= TASK ITEM =
A verbatim transcript of the lines below, starting at the first and ending with the one that holds "pub use fault::ListFault;", is what should be produced.

═════ DATA SHOWN ═════

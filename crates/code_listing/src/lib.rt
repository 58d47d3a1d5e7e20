//! What is printed of a code: its numbers, its dated cycles, and the moments of its cycles.
#![tactic(auto)]

mod check;
mod cycles;
mod fault;
mod listing;
mod moments;
mod room;

pub use check::{cycle_total, put_check};
pub use fault::ListFault;
pub use listing::{put_cycles, put_events};
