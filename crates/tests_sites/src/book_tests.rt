//! A book of two sites.

use crate::many_dies::plan_of;
use floor_core::BookState;
use std::alloc::Global;
use std::test::Fail;
use tester_types::{Items, Record};

/// Files a record of a die, and says whether there was a place for it.
fn file_where_spare(alloc: Global, book: &mut BookState, site: u8, die: u16) -> bool {
    if usize::from(site) >= book.sites().len() || book.records(site).spare() == 0 {
        return false;
    }
    book.file_into(Record {
        site,
        die,
        trials: Items::from_vec(Vec::new(alloc)),
    });
    true
}

/// The dies of the records of a site, none where the book lacks the site.
fn dies_of(alloc: Global, book: &BookState, site: u8) -> Result<Vec<u16>, Fail> {
    let mut dies = Vec::new(alloc);
    if usize::from(site) < book.sites().len() {
        for entry in book.records(site).as_slice() {
            dies.push(entry.die)?;
        }
    }
    Ok(dies)
}

#[test]
fn a_site_has_a_place_for_each_die(rt: HostRuntime) -> Result<(), Fail> {
    let mut book = BookState::new(rt.alloc(), &plan_of(rt.alloc(), 2, 2)?)?;
    for (site, die, is_filed) in [(1, 0, true), (0, 0, true), (1, 1, true), (1, 2, false)] {
        assert!(rt; file_where_spare(rt.alloc(), &mut book, site, die) == is_filed);
    }
    assert!(rt; dies_of(rt.alloc(), &book, 1)?.as_slice() == [0, 1].as_slice());
    Ok(())
}
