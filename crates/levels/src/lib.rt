// What a net may carry, and the one trait that every kind of level shares.
#![tactic(auto)]

ghost use Rattle.std.specs.Prelude.{◌≡◌, ℕ, ◌<◌, ◌≤◌, Bool, true, false, List, [], ◌∷◌};
ghost use Rattle.levels.specs.Kinds.{Kind, Lawful, Carries, Pads, bit_at, choice};
ghost use Rattle.levels.specs.Bits.{bit_kind, bit_is, bit_of};
ghost use Rattle.levels.specs.Tris.{tri_kind, tri_allows, tri_of};
ghost use Rattle.levels.specs.BitLaws.{bit_lawful};
ghost use Rattle.levels.specs.TriLaws.{tri_lawful};

// A level: which of the bits 0 and 1 a net may carry, at least one.
pub trait Level: Copy {
    // the meaning: which bits a level allows, the level of a bit, that of a place never written, what a cell makes of its pins
    ghost kind: { Kind Self };

    // Why not From: the contract names the meaning of this very kind, which generic code needs.
    fn of_bit(bit: bool) -> Self
        ensures { result ≡ kind.of_bit bit };

    fn blank() -> Self
        ensures { result ≡ kind.blank };

    fn allows(&self, bit: bool) -> bool
        ensures { result ≡ kind.allows self.now bit };

    // What the cell with this truth word makes of four pins. A cell with fewer has `of_bit(false)` at the others.
    fn cell(truth: u16, a: Self, b: Self, c: Self, d: Self) -> Self
        ensures { result ≡ kind.apply truth (a ∷ (b ∷ (c ∷ (d ∷ [])))) };

    // What the cell that chooses between two makes, its fourth pin not used: `zero` at select 0, `one` at select 1.
    fn choose(select: Self, zero: Self, one: Self) -> Self
        ensures { result ≡ choice kind select zero one };

    ghost means: { Lawful kind };
}

// Where the levels V cover the levels W pin by pin, a cell's level in V covers its level in W.
pub fn carries<V: Level, W: Level>() -> u8
    ensures { Carries V.Level.kind W.Level.kind }
{
    0
}

// A cell with few pins is one with four, of which the others carry false.
pub fn pads<V: Level>() -> u8
    ensures { Pads V.Level.kind }
{
    0
}

#[derive(Clone, Copy, PartialEq, Eq, Debug)]
pub enum Bit {
    Zero,
    One,
}

impl Bit {
    fn is_one(self) -> bool
        ensures { result ≡ bit_is self }
    {
        match self {
            Bit::Zero => false,
            Bit::One => true,
        }
    }
}

impl Level for Bit {
    ghost kind = { bit_kind };

    ghost means = { bit_lawful };

    fn of_bit(bit: bool) -> Bit {
        if bit { Bit::One } else { Bit::Zero }
    }

    fn blank() -> Bit {
        Bit::Zero
    }

    fn allows(&self, bit: bool) -> bool {
        self.is_one() == bit
    }

    fn cell(truth: u16, a: Bit, b: Bit, c: Bit, d: Bit) -> Bit {
        let row = a as u16 + 2 * (b as u16) + 4 * (c as u16) + 8 * (d as u16);
        Self::of_bit((truth >> row) & 1 == 1)
    }

    fn choose(select: Bit, zero: Bit, one: Bit) -> Bit {
        match select {
            Bit::Zero => zero,
            Bit::One => one,
        }
    }
}

#[derive(Clone, Copy, PartialEq, Eq, Debug)]
pub enum Tri {
    Zero,
    One,
    X,
}

impl Tri {
    // The level that allows zero, one or both. A table, since a branch on the result costs more than the rest of a cell.
    fn made(zero: bool, one: bool) -> Tri
        ensures { result ≡ tri_of zero one }
    {
        let all = [Tri::X, Tri::Zero, Tri::One, Tri::X];
        all[zero as usize + 2 * (one as usize)]
    }

    // The rows of a truth word that a pin allows, of which `ones` has those where the pin is one.
    fn rows(self, ones: u16) -> u16
        ensures { (i : ℕ) → i < 16 → bit_at result i ≡ tri_allows self (bit_at ones i) }
    {
        match self {
            Tri::Zero => !ones,
            Tri::One => ones,
            Tri::X => 0xffff,
        }
    }
}

impl Level for Tri {
    ghost kind = { tri_kind };

    ghost means = { tri_lawful };

    fn of_bit(bit: bool) -> Tri {
        if bit { Tri::One } else { Tri::Zero }
    }

    fn blank() -> Tri {
        Tri::X
    }

    fn allows(&self, bit: bool) -> bool {
        match self {
            Tri::Zero => !bit,
            Tri::One => bit,
            Tri::X => true,
        }
    }

    fn cell(truth: u16, a: Tri, b: Tri, c: Tri, d: Tri) -> Tri {
        let rows = a.rows(0xaaaa) & b.rows(0xcccc) & c.rows(0xf0f0) & d.rows(0xff00);
        Self::made(rows & !truth != 0, rows & truth != 0)
    }

    fn choose(select: Tri, zero: Tri, one: Tri) -> Tri {
        match select {
            Tri::Zero => zero,
            Tri::One => one,
            Tri::X => match (zero, one) {
                (Tri::Zero, Tri::Zero) => Tri::Zero,
                (Tri::One, Tri::One) => Tri::One,
                _ => Tri::X,
            },
        }
    }
}
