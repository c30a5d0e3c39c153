// The values of names.

ghost use Rattle.std.specs.Prelude.{◌≡◌, Some, is_some, true};
ghost use Rattle.slack_meaning.specs.Expressions.{are_numbers, held_by, with_held, span_in, spans_in, place_in, with_item};

use crate::names::is_same;
use crate::spans::{exactly, is_number};
use slack_meaning::Span;
use std::marker::Model;

/// What a name holds: a number, 0 or 1 for a truth value, or an array of numbers.
#[derive(Debug, Drop)]
pub enum Held {
    Number(Span),
    Array(Vec<Span>),
}

/// A name with what it holds, which contracts see as a pair.
#[derive(Debug, Drop)]
pub struct Variable {
    name: Vec<u8>,
    held: Held,
}

impl Model for Variable {
    ghost use Rattle.std.specs.Prelude.{List, ℕ};
    ghost use Rattle.slack_meaning.specs.Actions.{Held as Kept};
    ghost use Rattle.slack_state.specs.Values.{held_of};

    ghost Value = { List ℕ × Kept };

    ghost view = { λ v. (v.name.items, held_of v.held) };
}

ghost use Rattle.slack_state.specs.Values.{held_of};

impl Variable {
    ghost use Rattle.std.specs.Prelude.{◌≡◌, bytes_eq};
    ghost use Rattle.slack_state.specs.Values.{held_of};
    ghost use Rattle.slack_meaning.specs.Expressions.{are_numbers, span_in, spans_in};

    /// The name of these bytes, holding this.
    pub fn of(name: Vec<u8>, held: Held) -> Variable
        ensures { result ≡ (name.items, held_of held) }
    {
        Variable { name, held }
    }

    // Whether this is its name.
    fn is_named(&self, name: &[u8]) -> bool
        ensures { result ≡ bytes_eq self.now.0 name.now }
    {
        is_same(self.name.as_slice(), name)
    }

    // The number that it holds, 0 for an array.
    fn number(&self) -> Span
        ensures { result ≡ span_in self.now.1 }
    {
        match &self.held {
            Held::Number(number) => *number,
            Held::Array(_) => exactly(0),
        }
    }

    // The numbers of the array that it holds, none for a number.
    fn numbers(&self) -> &[Span]
        ensures { result.now ≡ spans_in self.now.1 }
    {
        match &self.held {
            Held::Number(_) => &[],
            Held::Array(numbers) => numbers.as_slice(),
        }
    }

    // Whether no span is among what it holds.
    fn are_numbers(&self) -> bool
        ensures { result ≡ are_numbers self.now.1 }
    {
        match &self.held {
            Held::Number(span) => is_number(*span),
            Held::Array(spans) => are_all_numbers(spans.as_slice()),
        }
    }

    // Holds this from now on.
    fn hold(&mut self, held: Held)
        ensures { self.new ≡ (self.old.0, held_of held) }
    {
        self.held = held;
    }
}

// Whether no span is among some.
fn are_all_numbers(spans: &[Span]) -> bool
    ensures { result ≡ list_all is_number spans.now }
{
    for span in spans.iter() {
        if !is_number(*span) {
            return false;
        }
    }
    true
}

ghost use Rattle.std.specs.List.{list_all};
ghost use Rattle.slack_meaning.specs.Spans.{is_number};

/// The number that a name holds, 0 for an array or a name that isn't there.
pub fn number_of(variables: &[Variable], name: &[u8]) -> Span
    ensures { result ≡ span_in (held_by variables.now name.now) }
{
    for variable in variables.iter() {
        if variable.is_named(name) {
            return variable.number();
        }
    }
    exactly(0)
}

/// The place of a name among some, which is behind the last one where the name isn't there.
#[inline(always)]
pub fn place_of(variables: &[Variable], name: &[u8]) -> usize
    ensures { result ≡ place_of variables.now name.now }
{
    for i in 0..variables.len() {
        if variables[i].is_named(name) {
            return i;
        }
    }
    variables.len()
}

ghost use Rattle.slack_state.specs.Entries.{held_at, place_of, with_held_at};

/// The number that a place holds, 0 for an array or where nothing is.
#[inline(always)]
pub fn number_at(variables: &[Variable], place: usize) -> Span
    ensures { result ≡ span_in (held_at variables.now place) }
{
    if place < variables.len() {
        return variables[place].number();
    }
    exactly(0)
}

/// The array that a name holds, an empty one for a number or a name that isn't there.
pub fn numbers_of<'b>(variables: &'b [Variable], name: &[u8]) -> &'b [Span]
    ensures { result.now ≡ spans_in (held_by variables.now name.now) }
{
    for variable in variables.iter() {
        if variable.is_named(name) {
            return variable.numbers();
        }
    }
    &[]
}

/// Whether no span is among what a name holds.
pub fn are_numbers_in(variables: &[Variable], name: &[u8]) -> bool
    ensures { result ≡ are_numbers (held_by variables.now name.now) }
{
    for variable in variables.iter() {
        if variable.is_named(name) {
            return variable.are_numbers();
        }
    }
    true
}

/// Lets a name that is there hold something new.
#[inline(always)]
pub fn hold(variables: &mut [Variable], name: &[u8], held: Held)
    ensures { variables.new ≡ with_held variables.old name.now (held_of held) }
{
    for i in 0..variables.len() {
        if variables[i].is_named(name) {
            variables[i].hold(held);
            return;
        }
    }
}

/// Lets a place that is there hold something new.
#[inline(always)]
pub fn hold_at(variables: &mut [Variable], place: usize, held: Held)
    ensures { variables.new ≡ with_held_at variables.old place (held_of held) }
{
    if variables.len() <= place {
        return;
    }
    variables[place].hold(held);
}

/// The item of an index, if it is one of the places.
pub fn item(numbers: &[Span], index: i64) -> Option<Span>
    ensures { result ≡ place_in numbers.now index }
{
    if index < 0 {
        return None;
    }
    numbers.get(index as usize).copied()
}

/// Changes the item of an index. Whether the index is one of the places.
pub fn changed(numbers: &mut [Span], index: i64, span: Span) -> bool
    ensures place { result ≡ is_some (with_item numbers.old index span) }
    ensures changed { result ≡ true → with_item numbers.old index span ≡ Some numbers.new }
{
    if index < 0 || numbers.len() as u64 <= index as u64 {
        return false;
    }
    numbers[index as usize] = span;
    true
}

═════

= RESPONSE =
filename crates/code_listing/src/lib.rt
repository 58d47d3a1d5e7e20
//! What is printed of a code: its numbers, its dated cycles, and the moments of its cycles.
#![tactic(auto)]

mod check;
mod cycles;
mod fault;
mod listing;
mod moments;
mod room;

pub use check::{cycle_total, put_check};
pub use fault::ListFault;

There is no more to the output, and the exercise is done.